In general, when you open a context menu:

  • If the element under the mouse pointer is not selected, then only that element is affected by the menu command you choose.

  • If the element under the mouse pointer is selected, then all selected elements are affected.

  • The exception is when you use the context menu in the explorer to mute/unmute deformations or activate/deactivate constraints. These commands act like toggles, and affect only the deformation or constraint under the pointer. A check mark in the menu indicates whether the node is currently muted or active.

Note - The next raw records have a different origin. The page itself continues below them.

//! An entry written as its payload.

ghost use Rattle.std.specs.Prelude.{◌≡◌, ◌+◌, ◌≤◌, ◌++◌, length, IsOk, OnOk, OnErr, vec_len, vec_capacity};
ghost use Rattle.cf_calls.specs.Common.{IsEntryInForm};
ghost use Rattle.cf_codec.specs.Entries.{HasPayload, IsDrawnShort, drawn_as, payload};
ghost use Rattle.cf_codec.specs.Entries as spec;
ghost use Rattle.cf_codec_fields.specs.Puts.{HasRoom, Puts};

use crate::fault::NoMemory;
use crate::measure::entry_len;
use crate::put_acts::put_act;
use cf_calls::{Drawn, Draws, Entry};
use cf_codec_fields::put::{put_day, put_half, put_key, put_kind, put_word};

/// Writes drawn numbers.
fn put_drawn(out: &mut Vec<u8>, draws: Draws, drawn: Drawn)
    requires payment { IsDrawnShort draws drawn }
    requires room { HasRoom (drawn_as draws) drawn out.old }
    ensures { Puts (drawn_as draws) drawn out.old out.new }
{
    match draws {
        Draws::Nothing => {}
        Draws::Number => put_word(out, drawn.number),
        Draws::Both => {
            put_word(out, drawn.number);
            put_word(out, drawn.second);
        }
        Draws::Payment => put_half(out, drawn.number as u16),
    }
}

/// Writes an entry in form, where there is room for it.
fn put_entry(out: &mut Vec<u8>, e: &Entry)
    requires form { IsEntryInForm e.now }
    requires room { HasRoom spec.entry e.now out.old }
    ensures { Puts spec.entry e.now out.old out.new }
{
    put_kind(out, e.change.act.kind());
    put_half(out, e.change.desk);
    put_key(out, &e.change.key);
    put_day(out, e.change.on);
    put_act(out, e.change.on, &e.change.act);
    put_drawn(out, e.change.act.draws(), e.drawn);
}

/// How many bytes the payload of an entry in form has: from 12 to 43,576, which is the longest
/// adoption.
pub fn payload_len(entry: &Entry) -> u64
    requires form { IsEntryInForm entry.now }
    ensures size { result ≡ length (payload entry.now) }
    ensures small { result ≤ 33423424 }
{
    entry_len(entry)
}

/// Appends the payload of an entry in form. It takes no memory where `out` has room for it. Where
/// there is none, `out` stays.
#[tactic(auto, unfolding(crate::specs::Entries::payload))]
pub fn write_entry(entry: &Entry, out: &mut Vec<u8>) -> Result<(), NoMemory>
    requires form { IsEntryInForm entry.now }
    ensures text { OnOk result (out.new.items ≡ out.old.items ++ payload entry.now) }
    ensures room { vec_len out.old + length (payload entry.now) ≤ vec_capacity out.old
        → IsOk result }
    ensures err { OnErr result (out.new.items ≡ out.old.items) }
    ensures entry { OnOk result (HasPayload entry.now) }
    ensures capacity { vec_capacity out.old ≤ vec_capacity out.new }
{
    match out.reserve(payload_len(entry) as usize) {
        Ok(()) => {
            put_entry(out, entry);
            Ok(())
        }
        Err(_) => Err(NoMemory),
    }
}
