//! Why no entry was read.

/// What is wrong with the bytes.
#[derive(Clone, Copy)]
pub struct CodecFault {
    /// The place of the first byte of the first field that is cut short, out of its range, or
    /// against a rule with the fields before it. A rule on a whole list is broken at the list's
    /// count.
    pub offset: usize,
}

/// Why no entry was read.
#[derive(Clone, Copy)]
pub enum CodecRefused {
    /// The bytes begin with no payload.
    Fault(CodecFault),
    /// There was no memory for the entry.
    NoMemory,
}

/// There was no memory for the payload.
#[derive(Clone, Copy)]
pub struct NoMemory;
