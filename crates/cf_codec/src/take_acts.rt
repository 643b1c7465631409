//! The readers of the acts: the fields of each in order, with the rules of form where they speak.
//! Each gives the act and the bytes after it.

ghost use Rattle.std.specs.Prelude.{◌≡◌, ◌+◌, ◌*◌, ◌<◌, nat_le, sum};
ghost use Rattle.cf_base.specs.Common.{last_year};
ghost use Rattle.cf_calls.specs.Common.{is_period, month_number};
ghost use Rattle.cf_calls.specs.declared.acts.Act.TheVariants as act;
ghost use Rattle.cf_codec.specs.Acts as spec;
ghost use Rattle.cf_codec_fields.specs.Readings.{Gives};
ghost use Rattle.cf_codec_fields.specs.Formats.{kept};
ghost use Rattle.cf_codec_fields.specs.Fields.{byte, word};

use crate::items::{
    AccountElement, LineElement, Principal, SourceElement, VoucherElement, VoucherNumber,
};
use cf_base::{Day, LAST_YEAR};
use cf_calls::acts::{
    Adoption, Amendment, AssetAct, BillAmount, BondIssue, DebtPayment, Disposal, Donation,
    FundMove, LeaveAct, LeaveAmount, LeaveMaturity, LineTransfer, NewBill, NewLease, NewOrder,
    NewRequisition, NewVoucher, OrderChange, Payment, Period, Terms,
};
use cf_calls::items::Principals;
use cf_calls::{Act, ActKind};
use cf_codec_fields::Refused;
use cf_codec_fields::lists::{Element, take_distinct, take_list};
use cf_codec_fields::take::{
    faulty, or_faulty, take_amount, take_byte, take_flag, take_half, take_month, take_most_amount,
    take_move_kind, take_one_of, take_signed, take_word, take_year,
};
use std::alloc::Global;

fn take_adoption(alloc: Global, bytes: &[u8]) -> Result<(Act, &[u8]), Refused>
    ensures { Gives (λ x. (x.0, x.1.now)) result
        (spec.made act.Adopt (spec.adoption.read bytes.now)) }
{
    let (fund, rest) = take_half(bytes)?;
    let (year, rest) = take_year(rest)?;
    let (lines, rest) = take_distinct::<LineElement>(alloc, 0, 4096, rest)?;
    let (estimates, rest) = take_distinct::<SourceElement>(alloc, 0, 256, rest)?;
    let adoption = Adoption {
        fund,
        year,
        lines,
        estimates,
    };
    Ok((Act::Adopt(adoption), rest))
}

fn take_amendment(bytes: &[u8]) -> Result<(Act, &[u8]), Refused>
    ensures { Gives (λ x. (x.0, x.1.now)) result
        (spec.made act.Amend (spec.amendment.read bytes.now)) }
{
    let (fund, rest) = take_half(bytes)?;
    let (year, rest) = take_year(rest)?;
    let (line, rest) = take_half(rest)?;
    let (by, rest) = take_signed(rest)?;
    let amendment = Amendment {
        fund,
        year,
        line,
        by,
    };
    Ok((Act::Amend(amendment), rest))
}

/// A number of two bytes other than this one.
fn take_other_than(number: u16, bytes: &[u8]) -> Result<(u16, &[u8]), Refused>
    ensures { Gives (λ x. (x.0, x.1.now)) result ((spec.other_than number).read bytes.now) }
{
    let (n, rest) = take_half(bytes)?;
    or_faulty((number != n).then_some(n), rest, bytes)
}

fn take_transfer(bytes: &[u8]) -> Result<(Act, &[u8]), Refused>
    ensures { Gives (λ x. (x.0, x.1.now)) result
        (spec.made act.Transfer (spec.transfer.read bytes.now)) }
{
    let (fund, rest) = take_half(bytes)?;
    let (year, rest) = take_year(rest)?;
    let (from, rest) = take_half(rest)?;
    let (to, rest) = take_other_than(from, rest)?;
    let (amount, rest) = take_amount(rest)?;
    let transfer = LineTransfer {
        fund,
        year,
        from,
        to,
        amount,
    };
    Ok((Act::Transfer(transfer), rest))
}
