//! An entry of the history as bytes.
#![tactic(auto)]

mod fault;
mod items;
mod measure;
mod put_acts;
mod read;
mod take_acts;
mod write;

pub use fault::{CodecFault, CodecRefused, NoMemory};
pub use read::read_entry;
pub use write::{payload_len, write_entry};
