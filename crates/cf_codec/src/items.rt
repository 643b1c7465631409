//! What stands in the lists of an entry.

ghost use Rattle.std.specs.Prelude.{◌≡◌, Some, refl};
ghost use Rattle.cf_calls.specs.Common.{same_line, same_source, same_number, same_order_item, charged_item, same_charged};
ghost use Rattle.cf_codec_fields.specs.Readings.{Gives};
ghost use Rattle.cf_codec.specs.Acts as spec;
ghost use Rattle.cf_codec.specs.Acts.{line_amount, source_amount, account_item, voucher_item};
ghost use Rattle.cf_codec_fields.specs.Fields.{word, most_amount};
ghost use Rattle.cf_codec_fields.specs.Puts.{HasRoom, Puts};

use cf_calls::items::{AccountItem, Charge, LineAmount, Liquidation, SourceAmount, VoucherItem};
use cf_codec_fields::Refused;
use cf_codec_fields::lists::{DistinctElement, Element};
use cf_codec_fields::put::{put_byte, put_flag, put_half, put_long, put_word};
use cf_codec_fields::take::{
    take_amount, take_flag, take_half, take_most_amount, take_one_of, take_word,
};

/// An amount for a control line.
pub struct LineElement;

impl Element for LineElement {
    type Value = LineAmount;

    ghost format = { line_amount };

    fn len(_value: LineAmount) -> u8 {
        10
    }

    fn put(out: &mut Vec<u8>, value: LineAmount) {
        put_half(out, value.line);
        put_long(out, value.amount);
    }

    fn take(bytes: &[u8]) -> Result<(LineAmount, &[u8]), Refused> {
        let (line, rest) = take_half(bytes)?;
        let (amount, rest) = take_amount(rest)?;
        Ok((LineAmount { line, amount }, rest))
    }
}

impl DistinctElement for LineElement {
    type Key = u16;

    ghost clash = { same_line };

    ghost key = { λ i. Some i.line };

    ghost clash_by_key = { λ _ _. refl };

    fn key(value: LineAmount) -> Option<u16> {
        Some(value.line)
    }
}

/// An amount for a revenue source.
pub struct SourceElement;

impl Element for SourceElement {
    type Value = SourceAmount;

    ghost format = { source_amount };

    fn len(_value: SourceAmount) -> u8 {
        10
    }

    fn put(out: &mut Vec<u8>, value: SourceAmount) {
        put_half(out, value.source);
        put_long(out, value.amount);
    }

    fn take(bytes: &[u8]) -> Result<(SourceAmount, &[u8]), Refused> {
        let (source, rest) = take_half(bytes)?;
        let (amount, rest) = take_amount(rest)?;
        Ok((SourceAmount { source, amount }, rest))
    }
}

impl DistinctElement for SourceElement {
    type Key = u16;

    ghost clash = { same_source };

    ghost key = { λ i. Some i.source };

    ghost clash_by_key = { λ _ _. refl };

    fn key(value: SourceAmount) -> Option<u16> {
        Some(value.source)
    }
}

/// An amount on an account.
pub struct AccountElement;

impl Element for AccountElement {
    type Value = AccountItem;

    ghost format = { account_item };

    fn len(_value: AccountItem) -> u8 {
        14
    }

    fn put(out: &mut Vec<u8>, value: AccountItem) {
        put_half(out, value.fund);
        put_half(out, value.dept);
        put_half(out, value.object);
        put_long(out, value.amount);
    }

    fn take(bytes: &[u8]) -> Result<(AccountItem, &[u8]), Refused> {
        let (fund, rest) = take_half(bytes)?;
        let (dept, rest) = take_half(rest)?;
        let (object, rest) = take_half(rest)?;
        let (amount, rest) = take_amount(rest)?;
        let account = AccountItem {
            fund,
            dept,
            object,
            amount,
        };
        Ok((account, rest))
    }
}

fn liquidation_len(how: Liquidation) -> u8
    ensures { result ≡ spec.liquidation.size how }
{
    match how {
        Liquidation::Lesser => 1,
        Liquidation::Recorded(_) => 9,
        Liquidation::Final => 1,
    }
}

fn put_liquidation(out: &mut Vec<u8>, how: Liquidation)
    requires { HasRoom spec.liquidation how out.old }
    ensures { Puts spec.liquidation how out.old out.new }
{
    match how {
        Liquidation::Lesser => put_byte(out, 0),
        Liquidation::Recorded(recorded) => {
            put_byte(out, 1);
            put_long(out, recorded);
        }
        Liquidation::Final => put_byte(out, 2),
    }
}

fn take_liquidation(bytes: &[u8]) -> Result<(Liquidation, &[u8]), Refused>
    ensures { Gives (λ x. (x.0, x.1.now)) result (spec.liquidation.read bytes.now) }
{
    let (kind, rest) = take_one_of(3, bytes)?;
    match kind {
        0 => Ok((Liquidation::Lesser, rest)),
        1 => {
            let (recorded, rest) = take_amount(rest)?;
            Ok((Liquidation::Recorded(recorded), rest))
        }
        _ => Ok((Liquidation::Final, rest)),
    }
}

fn charge_len(charge: Charge) -> u8
    ensures { result ≡ spec.charge.size charge }
{
    match charge {
        Charge::Direct => 1,
        Charge::OnOrder { how, .. } => 7 + liquidation_len(how),
    }
}

fn put_charge(out: &mut Vec<u8>, charge: Charge)
    requires { HasRoom spec.charge charge out.old }
    ensures { Puts spec.charge charge out.old out.new }
{
    match charge {
        Charge::Direct => put_flag(out, false),
        Charge::OnOrder { order, item, how } => {
            put_flag(out, true);
            put_word(out, order);
            put_half(out, item);
            put_liquidation(out, how);
        }
    }
}

fn take_charge(bytes: &[u8]) -> Result<(Charge, &[u8]), Refused>
    ensures { Gives (λ x. (x.0, x.1.now)) result (spec.charge.read bytes.now) }
{
    let (on_order, rest) = take_flag(bytes)?;
    if !on_order {
        return Ok((Charge::Direct, rest));
    }
    let (order, rest) = take_word(rest)?;
    let (item, rest) = take_half(rest)?;
    let (how, rest) = take_liquidation(rest)?;
    Ok((Charge::OnOrder { order, item, how }, rest))
}

/// An item of a voucher.
pub struct VoucherElement;

impl Element for VoucherElement {
    type Value = VoucherItem;

    ghost format = { voucher_item };

    fn len(value: VoucherItem) -> u8 {
        14 + charge_len(value.charge)
    }

    fn put(out: &mut Vec<u8>, value: VoucherItem) {
        AccountElement::put(out, value.account);
        put_charge(out, value.charge);
    }

    fn take(bytes: &[u8]) -> Result<(VoucherItem, &[u8]), Refused> {
        let (account, rest) = AccountElement::take(bytes)?;
        let (charge, rest) = take_charge(rest)?;
        Ok((VoucherItem { account, charge }, rest))
    }
}

impl DistinctElement for VoucherElement {
    type Key = (u32, u16);

    ghost clash = { same_order_item };

    ghost key = { λ i. charged_item i.charge };

    ghost clash_by_key = { λ a b. same_charged a.charge b.charge };

    fn key(value: VoucherItem) -> Option<(u32, u16)> {
        match value.charge {
            Charge::Direct => None,
            Charge::OnOrder { order, item, .. } => Some((order, item)),
        }
    }
}

/// The number of a voucher.
pub struct VoucherNumber;

impl Element for VoucherNumber {
    type Value = u32;

    ghost format = { word };

    fn len(_value: u32) -> u8 {
        4
    }

    fn put(out: &mut Vec<u8>, value: u32) {
        put_word(out, value);
    }

    fn take(bytes: &[u8]) -> Result<(u32, &[u8]), Refused> {
        take_word(bytes)
    }
}

impl DistinctElement for VoucherNumber {
    type Key = u32;

    ghost clash = { same_number };

    ghost key = { λ n. Some n };

    ghost clash_by_key = { λ _ _. refl };

    fn key(value: u32) -> Option<u32> {
        Some(value)
    }
}

/// The principal of a bond's payment, in cents.
pub struct Principal;

impl Element for Principal {
    type Value = u64;

    ghost format = { most_amount };

    fn len(_value: u64) -> u8 {
        8
    }

    fn put(out: &mut Vec<u8>, value: u64) {
        put_long(out, value);
    }

    fn take(bytes: &[u8]) -> Result<(u64, &[u8]), Refused> {
        take_most_amount(bytes)
    }
}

Renaming Scene Elements in the Explorer

You can rename elements in your scene using the explorer. You can rename lights, cameras, geometric objects, render passes, and layers.

To rename scene elements

  1. Do one of the following:

    • Right-click on any element node in the explorer and choose Rename from the menu.


    • Select the element you want to rename in the explorer and press F2.

      If you have multiple nodes selected, pressing F2 lets you rename the last node you selected.

  2. Type a new name. You can click with the mouse or use the arrow keys to shift the cursor position. You can drag with the mouse or use the Shift+arrow keys to select text.

  3. To finish, either press Enter or click outside the highlighted name area.

If the new name is not unique in its namespace, a number is appended automatically.